The environment of Betelgeuse is strongly affected by stellar variability and eruptions of substantial amounts of material from the star itself, creating a wind environment that would strongly affect habitability (e.g. via atmospheric erosion) even if you somehow magicked the right kind of planet into existence at a vaguely appropriate distance.


5

Habitable zones, defined in terms of equilibrium temperature, scale with the square root of the luminosity of the star. So whatever the habitable zone limits $[a_{inner},a_{outer}]$ are for the Sun, for another star a good starting guess is $\sqrt{L/L_\odot}$ times those limits*.

For Betelgeuse the simple-minded square root model gives a time-varying habitable zone 300 to 387 times further out. A planet could stay in it, assuming a similar width as the habitable zone in the question scaled up by this factor.

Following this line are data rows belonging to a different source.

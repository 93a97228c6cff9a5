//! Examples of calls, which README.md and CALLING.md show. `make test` proves and runs them, and no crate uses this
//! one.
#![tactic(auto)]

#[cfg(test)]
mod asking;
mod encoding;
#[cfg(test)]
mod first;
#[cfg(test)]
mod machine;
mod refused;
#[cfg(test)]
mod tests;
#[cfg(test)]
mod threads;

pub use encoding::ByBase;
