//! Implements `BinaryPlaces` for `Component`: reads the binary places of its digits, and makes a component of them.

use crate::NoMemory;
use crate::binary_places::BinaryPlaces;
use crate::building::{are_below, digit_of_place, make_bitmaps, with_places};
use crate::component::Component;
use crate::encoding::Encoding;
use crate::places::stored_places;
use crate::reads::Reads;
use bsi_bits::{Bitmaps, Bits};
use bsi_kernels::spans::assign;
use std::marker::PhantomData;

impl<M: Reads> BinaryPlaces for Component<M> {
    fn place_into(&self, k: usize, out: &mut Bits) {
        let places = self.places();
        if places.is_empty() {
            self.eq_into(digit_of_place(self.base(), k), out);
        } else {
            out.copy_from(&places[k]);
        }
    }

    fn place_word(&self, k: usize, at: usize) -> u64 {
        let places = self.places();
        if !places.is_empty() {
            return places[k].words()[at];
        }
        let mut span = [0];
        self.eq_span_into(digit_of_place(self.base(), k), at, &mut span);
        span[0]
    }

    fn place_span(&self, k: usize, at: usize, span: &mut [u64]) {
        let places = self.places();
        if places.is_empty() {
            self.eq_span_into(digit_of_place(self.base(), k), at, span);
        } else {
            assign(&places[k], at, span);
        }
    }

    fn from_places(base: u32, places: Vec<Bits>) -> Result<Option<Self>, NoMemory> {
        let alloc = *places.allocator();
        if !are_below(alloc, &places, base)? {
            return Ok(None);
        }
        let stored = stored_places(base);
        let made = make_bitmaps::<M>(alloc, &places, base, stored)?;
        let bitmaps = Bitmaps::from_vectors(with_places(made, places, stored));
        Ok(Some(Component {
            base,
            bitmaps,
            marking: PhantomData,
        }))
    }
}
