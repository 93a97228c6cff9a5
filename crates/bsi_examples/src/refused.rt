//! The one error of the examples (`Refused`): the refusal of a call that they make.

use bsi_library::digits::BasesError;
use bsi_library::machine::{LoadRefused, MakeError, SubmitRefused};
use bsi_library::{AppendError, AskError, IndexError, SchemaError};
use std::alloc::{AllocError, AllocFailed};

/// The refusal of a call.
#[derive(Debug, Drop)]
pub(crate) enum Refused {
    Schema(SchemaError),
    Index(IndexError),
    Append(AppendError),
    Ask(AskError),
    Bases(BasesError),
    Make(MakeError),
    Submit(SubmitRefused),
    Load(LoadRefused),
    Memory,
}

impl From<SchemaError> for Refused {
    fn from(refused: SchemaError) -> Refused {
        Refused::Schema(refused)
    }
}

impl From<IndexError> for Refused {
    fn from(refused: IndexError) -> Refused {
        Refused::Index(refused)
    }
}

impl From<AppendError> for Refused {
    fn from(refused: AppendError) -> Refused {
        Refused::Append(refused)
    }
}

impl From<AskError> for Refused {
    fn from(refused: AskError) -> Refused {
        Refused::Ask(refused)
    }
}

impl From<BasesError> for Refused {
    fn from(refused: BasesError) -> Refused {
        Refused::Bases(refused)
    }
}

impl From<MakeError> for Refused {
    fn from(refused: MakeError) -> Refused {
        Refused::Make(refused)
    }
}

impl From<SubmitRefused> for Refused {
    fn from(refused: SubmitRefused) -> Refused {
        Refused::Submit(refused)
    }
}

impl From<LoadRefused> for Refused {
    fn from(refused: LoadRefused) -> Refused {
        Refused::Load(refused)
    }
}

impl From<AllocError> for Refused {
    fn from(_refused: AllocError) -> Refused {
        Refused::Memory
    }
}

impl<T: Drop> From<AllocFailed<T>> for Refused {
    fn from(_refused: AllocFailed<T>) -> Refused {
        Refused::Memory
    }
}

As the other answers rightly point out, there are many reasons why Betelgeuse likely doesn't have any habitable worlds around it, but these reasons are (with the exception of variability) unrelated to its luminosity. The problem of actually defining the habitable zone (even in the solar system) is that other planetary properties like atmospheric composition, water surface area, pressure, rotation etc. can affect it in nontrivial ways: the limits are not exact. To further complicate things one might demand that a planet remain in the zone "long enough" to develop life, which requires that stellar evolution does not shift the zone beyond the planet over the suitable (unknown) time-span.

[* Why the square root relationship? A planet at distance $a$ receives $P_{in}=(\pi r^2)( L / 4\pi a^2)=r^2L/4a^2 $ Watt of starlight. Emitting like a blackbody it radiates $P_{out}=4\pi r^2 \sigma T^4$ Watt. Since $P_{in}=P_{out}$ we get $a^2=L/16\pi \sigma T^4$, or $a\propto \sqrt{L}$ for some fixed habitable temperature $T$. Obviously this is complicated by greenhouse heating, for starters.]